As long as the “precrime” system was 100 percent correct, the public supported it and there seemed to be no more murders. When the fictional system in Minority Report was found to be flawed, it collapsed. Using the name “Minority Report” is simply a reminder that perfection is elusive.

If predictive technology is deemed accurate, then most people would likely support employing it to prevent crime. The issue then becomes the degree of accuracy of the prediction.

The Department of Homeland Security developed Future Attribute Screening Technology (FAST) and tested it publically in 2011. FAST uses sensors and video and audio recordings to assess the probability that an individual—not yet suspected of any crime—will commit a crime in the future.

These sensors and recordings evaluate an individual’s psychophysiological signals to determine malintent. This behavioral biometric data includes cardiovascular signals, pheromones, skin conductivity, eyeblink rate, and respiratory patterns.

The details of the field test have not been disclosed, but a 2011 Privacy Impact Assessment discussed limited operational tests where volunteers would undergo screenings (image alone, questions alone, or images and questions combined). While the DHS did not reveal the results of the public test, it has reported a success rate of 70 percent in its lab tests.

Although the Snowden disclosures did not focus on any specific predictive preventive programs, another NSA employee revealed the NSA program AQUAINT (Advanced Question Answering for Intelligence) in 2009. This system uses data shared on the Internet (and likely already collected by the NSA) to answer predictive questions about future events.

In addition, the Center for Advanced Study of Language (CASL) has initiated a program that seeks to determine whether a person is lying by studying his behavior and listening to him speak .CASL is a national security research lab accessible to the NSA.

We are now aware that bulk data collection was used to construct search warrants.

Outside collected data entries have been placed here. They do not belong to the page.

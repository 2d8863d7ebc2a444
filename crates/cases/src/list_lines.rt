// A line with a list of jobs.
use crate::behind::{Behind, Entry, begins_answer};
use crate::desk::Desk;
use crate::list_comparing::list_agrees;
use crate::list_pieces::{List, judge};
use crate::list_reading::read_head;
use crate::list_recorded::is_list_answer;
use crate::list_writing::put_list;
use crate::run::Run;

// The list is run on its page, with the words that its room says. Nothing is run before all of its jobs are looked at.
pub(crate) fn list_line(rt: &impl Print, entry: Entry, desk: &mut Desk, run: &mut Run) {
    let Some(head) = read_head(entry.case, desk.page) else {
        return run.bad_line(rt, b"");
    };
    let Some(list) = judge(entry.case, head.jobs) else {
        return run.bad_line(rt, b"");
    };
    let length = head.length.min(desk.page.len());
    let room = events::room::words_for(head.room, desk.words.len());
    answer_line(
        rt,
        entry,
        list,
        &mut desk.page[0..length],
        &mut desk.words[0..room],
        run,
    );
}

// The list with its answers, or both where they differ. It is run anew for each of comparing and writing, so that no more than a piece
// of it is kept. The desk's page and words come as they are cut for this list, and so one by one.
fn answer_line(
    rt: &impl Print,
    entry: Entry,
    list: List,
    page: &[u8],
    words: &mut [u32],
    run: &mut Run,
) {
    let behind = behind_list(entry, list, page, words);
    if begins_answer(rt, entry.line, behind, run) {
        put_list(rt, list, page, words, run);
    }
}

fn behind_list(entry: Entry, list: List, page: &[u8], words: &mut [u32]) -> Behind {
    match entry.recorded {
        None => Behind::Nothing,
        Some(recorded) if list_agrees(recorded, list, page, words) => Behind::Same,
        Some(recorded) if is_list_answer(recorded) => Behind::Other,
        Some(_) => Behind::NoAnswer,
    }
}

The existence of so much data coupled with enhanced predictive coding could move that search warrant up to an arrest warrant.

In a pre-crime analysis, if surveillance of a suspected terrorist operative indicated that he had trained for bomb making, acquired bomb materials, was diagnosed as psychotic, had threatened to bomb a stadium, and had two tickets to a football game for the next day, he would likely be detained.

By the time of the Boston Marathon bombing, that city had a comprehensive CCTV network with some 500 cameras mounted throughout the city. Omnipresent surveillance did not deter Dzhokhar and Tamerlan Tsarnaev from detonating their homemade bombs near the finish line. In the hours following the bombing, local, state, and national intelligence and security officials combed through hundreds of hours of footage captured by CCTV cameras near the bombing site.

This terrorist attack was the first committed in a place with comprehensive surveillance and with the tools to search suspects’ Facebook pages, Twitter feeds, geolocation posts, and blog posts. In addition, thousands of Bostonians and others across the world viewed images and contributed resources through crowdsourcing. Yet the first suspects identified were the wrong people.

A combination of media, technology, and the crowdsourcing element contributed to the wrongful identification of these individuals as the perpetrators; then it published their pictures. Ultimately the terrorists were found and identified.

The Snowden disclosures have opened the programs described above to serious scrutiny. Some of the programs are apparent intrusions and motivate us to analyze rational approaches to reforms that protect privacy and national security. They also challenge us to consider the overzealous extension of modern technology, and whether it might deeply harm our personal freedoms.